I.6. De La crise d’invention romanesque à la parution du genre normativisé

I.6.1. Les fictions à la première personne

En partant du principe que la fiction est une mimesis, une représentation qui tente de définir la réalité, de l’imiter et donc de se faire passer pour vraie, pour cela,

elle tente de renouveler sans cesse les codes et donc de reconstruire les dispositions génériques.

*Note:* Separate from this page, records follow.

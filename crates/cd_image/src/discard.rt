//! A sink that keeps nothing.

use cd_stream::{Count, Sink, SinkFailed};

/// The output of a check: keeps no byte, and never fails.
#[derive(Debug, Drop)]
pub struct NullSink {
    taken: Count,
    flushes: Count,
    finished: bool,
}

impl NullSink {
    ghost use Rattle.std.specs.Prelude.{◌≡◌, None, false};

    /// Creates a sink to which nothing has been written.
    pub fn new() -> Self
        ensures seen { ⟦<NullSink as Sink>⟧.seen result
            ≡ record {
              written = None;
              taken = 0;
              flushes = 0;
              failures = 0;
              finished = false;
              flush_may_fail = false;
              lent = None;
            } }
    {
        NullSink {
            taken: Count::zero(),
            flushes: Count::zero(),
            finished: false,
        }
    }
}

impl Sink for NullSink {
    ghost use Rattle.std.specs.Prelude.{None, false};

    ghost seen = { λ s. record {
      written = None;
      taken = s.taken;
      flushes = s.flushes;
      failures = 0;
      finished = s.finished;
      flush_may_fail = false;
      lent = None;
    } };

    fn write(&mut self, bytes: &[u8]) -> Result<usize, SinkFailed> {
        self.finished = false;
        self.taken.add(bytes.len());
        Ok(bytes.len())
    }

    fn finish(&mut self) -> Result<(), SinkFailed> {
        self.flushes.add(1);
        self.finished = true;
        Ok(())
    }

    fn finished(&self) -> bool {
        self.finished
    }

    fn failures(&self) -> u32 {
        0
    }
}
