//! Applies a script of patches to an image, or checks which of its patches would be accepted.

ghost use Rattle.std.specs.Prelude.{◌≡◌, ◌≢◌, ◌+◌, ◌≤◌, ◌↔◌, IfErr, IfOk, OnOk};
ghost use Rattle.std.specs.Prelude.{true};
ghost use Rattle.cd_script.specs.Patch.{IsPatchList};
ghost use Rattle.cd_read.specs.Ends.{AnswersByEnd, AnswersByLength, AnswersTooLong, EndsWell};
ghost use Rattle.cd_image.specs.Applying.{Applies, AppliesPlainly, BeginsLog, Checks, WritesLog, streams};
ghost use Rattle.cd_stream.specs.Stream.{CanCountFailure};
ghost use Rattle.cd_sector.specs.Image.{base_limit};

use crate::discard::NullSink;
use crate::pass::{advance, close};
use crate::patch_log::Tally;
use arrayvec::ArrayVec;
use cd_patch::MAX_BLOCKS_MET;
use cd_read::Fault;
use cd_run::PatchRun;
use cd_script::{Patch, Script};
use cd_sector::Sector;
use cd_stream::{Sink, Source};

/// Applies the patches of a script to an image, in the order of their blocks. Writes the patched
/// image to `out`, and to `log` a line for each patch and a last line with their counts.
///
/// `base` is the number of the first block. The image is read once. At most as many sectors are
/// held as a patch may meet, and no memory is allocated. An accepted patch turns each sector that
/// it meets into the one consistent sector with the patched user data and the old header, or the
/// header with the patch's address. With `carry`, each sector that the patch does not rebuild keeps
/// its old damage, and no patch is refused for damage. A refused patch changes nothing.
///
/// # Errors
///
/// `Read`, `Write`, or `Log` if the image, `out`, or `log` fails, `TooLong` if a byte is read after
/// the millionth sector. A refused patch is not an error: the tally counts it.
///
/// # Examples
///
/// ```
/// let script = parse(rt.alloc(), b"cdpatch 1\nset 0 0 41\n")?;
/// let sector = encode([0x00, 0x02, 0x00], &[0x00; USER_SIZE]); // block 0
/// let (mut image, mut space) = (SliceSource::new(sector.bytes()), [0; SECTOR_SIZE]);
/// let (mut out, mut log) = (SliceSink::new(&mut space), ToWrite::new(io::sink()));
/// apply(&mut image, &script, 0, false, &mut out, &mut log)?;
/// assert_eq!(rt; out.written().get(16), Some(&0x41)); // the first user byte
/// ```
pub fn apply<I: Source, O: Sink, L: Sink>(
    image: &mut I,
    script: &Script,
    base: u32,
    carry: bool,
    out: &mut O,
    log: &mut L,
) -> Result<Tally, Fault>
    requires base { base ≤ base_limit }
    requires image_countable { CanCountFailure (I.seen image.old).failures }
    requires out_countable { CanCountFailure (O.seen out.old).failures }
    requires log_countable { CanCountFailure (L.seen log.old).failures }

    // The complete result, including what is left after an error, and how far one sink has got when
    // the other fails.
    ensures report { Applies carry script.now base
        (streams (I.seen image.old) (O.seen out.old) (L.seen log.old))
        (streams (I.seen image.new) (O.seen out.new) (L.seen log.new)) result }

    // The same in plain clauses: the result if nothing failed, when each error occurs, and how many
    // bytes are held.
    ensures plain { AppliesPlainly carry script.now base
        (streams (I.seen image.old) (O.seen out.old) (L.seen log.old))
        (streams (I.seen image.new) (O.seen out.new) (L.seen log.new)) result }
{
    // Proof step: the clauses of `apply` are proved from the one record that this call promises.
    apply_patches(image, script.patches(), base, carry, out, log)
}

/// Decides each patch of a script on an image as [`apply`] does, and writes the same log, but no
/// output.
///
/// # Errors
///
/// The errors of [`apply`], except `Write`.
///
/// # Examples
///
/// ```
/// let script = parse(rt.alloc(), b"cdpatch 1\nset 0 0 41\n")?;
/// let mut space = [0; 64];
/// let mut log = SliceSink::new(&mut space);
/// check(&mut ZeroSource::new(0), &script, 0, false, &mut log)?; // no sector
/// assert!(rt; log.written().starts_with(b"line 2: refused: no block 0\n"));
/// ```
pub fn check<I: Source, L: Sink>(
    image: &mut I,
    script: &Script,
    base: u32,
    carry: bool,
    log: &mut L,
) -> Result<Tally, Fault>
    requires base { base ≤ base_limit }
    requires image_countable { CanCountFailure (I.seen image.old).failures }
    requires log_countable { CanCountFailure (L.seen log.old).failures }

    // The complete result, including what is left after an error: the result of `apply` with an
    // output that keeps nothing.
    ensures report { Checks carry script.now base
        (I.seen image.old) (I.seen image.new) (L.seen log.old) (L.seen log.new) result }

    // The log if nothing failed, the log after an error, and when each error occurs.
    ensures log { IfOk result (WritesLog carry script.now base
        (I.seen image.old) (L.seen log.old) (L.seen log.new)) }
    ensures begins { IfErr result (λ fault. BeginsLog carry script.now base
        (I.seen image.old) (I.seen image.new) (L.seen log.old) (L.seen log.new) fault) }
    ensures ends_well { OnOk result (EndsWell
        (I.seen image.old) (I.seen image.new) (L.seen log.old) (L.seen log.new)) }
    ensures read_failed { (result ≡ Err Fault.Read)
        ↔ ((I.seen image.new).failures ≡ (I.seen image.old).failures + 1) }
    ensures log_failed { (result ≡ Err Fault.Log)
        ↔ ((L.seen log.new).failures ≡ (L.seen log.old).failures + 1) }
    ensures too_long { AnswersTooLong (I.seen image.old) (I.seen image.new) result }
    ensures by_length { (I.seen image.new).failures ≡ (I.seen image.old).failures
        → (L.seen log.new).failures ≡ (L.seen log.old).failures
        → AnswersByLength (I.seen image.old) result }
    ensures ended { OnOk result ((I.seen image.new).ended ≡ true) }
    ensures by_end { (I.seen image.new).failures ≡ (I.seen image.old).failures
        → (L.seen log.new).failures ≡ (L.seen log.old).failures
        → AnswersByEnd (I.seen image.new) result }
    ensures no_output { result ≢ Err Fault.Write }
{
    // The same function as in `apply`, with an output that keeps nothing.
    let mut nothing = NullSink::new();
    apply_patches(image, script.patches(), base, carry, &mut nothing, log)
}

/// Applies patches in their order, in one pass. `apply` and `check` only call this function, so the
/// two cannot disagree. The clauses of both follow from the one record that it promises.
fn apply_patches<I: Source, O: Sink, L: Sink>(
    image: &mut I,
    patches: &[Patch],
    base: u32,
    carry: bool,
    out: &mut O,
    log: &mut L,
) -> Result<Tally, Fault>
    requires base { base ≤ base_limit }
    requires image_countable { CanCountFailure (I.seen image.old).failures }
    requires out_countable { CanCountFailure (O.seen out.old).failures }
    requires log_countable { CanCountFailure (L.seen log.old).failures }
    requires patches { IsPatchList patches.now }
    ensures { Applies carry patches.now base
        (streams (I.seen image.old) (O.seen out.old) (L.seen log.old))
        (streams (I.seen image.new) (O.seen out.new) (L.seen log.new)) result }
{
    let mut run = PatchRun::new(base);
    let mut places = ArrayVec::from([Sector::default(); MAX_BLOCKS_MET]);
    let hand = places.as_mut_slice();
    let mut more = true;
    while more {
        more = advance(&mut run, hand, image, patches, carry, out, log)?;
    }
    close(&run, hand, patches, out, log)
}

La fiction peut imiter d’autres genres, de nature référentielle et incarne un glissement du vrai au vraisemblable. Un constat est tiré d’emblée : il est impossible de décider littérairement du caractère « vrai » ou « non-vrai » d’un énoncé. Dans ce sens, des genres qui se rapprochent apparemment plus au genre factuel sont plutôt conçues comme de simples variantes fictionnelles :

« De même que le roman mobilise couramment la forme épistolaire, et la forme du journal intime, il se sert absolument, depuis de XVIIIème siècle, du récit personnel. Comment distinguer l’autobiographie du roman autobiographique ? Il faut bien l’avouer, si l’on reste sur le plan de l’analyse interne du texte, il n’y a aucune différence. Tous les procédés que l’autobiographie emploie pour nous convaincre de l’authenticité de son récit, le roman peut les imiter et les a souvent imités » (Lejeune, 1971, P.17) La notion du pacte qui illustre la relation conventionnelle d’écriture-lecture se trouve remise en question puisqu’il est difficile d’opter définitivement pour un pacte autobiographique ou fictionnel comme il est souligné par Philippe Lejeune : « Le paradoxe de l’autobiographie c’est que l’autobiographe doit exécuter ce projet d’une impossible sincérité en se servant de tous les instruments habituels de la fiction » (1971 : 28) .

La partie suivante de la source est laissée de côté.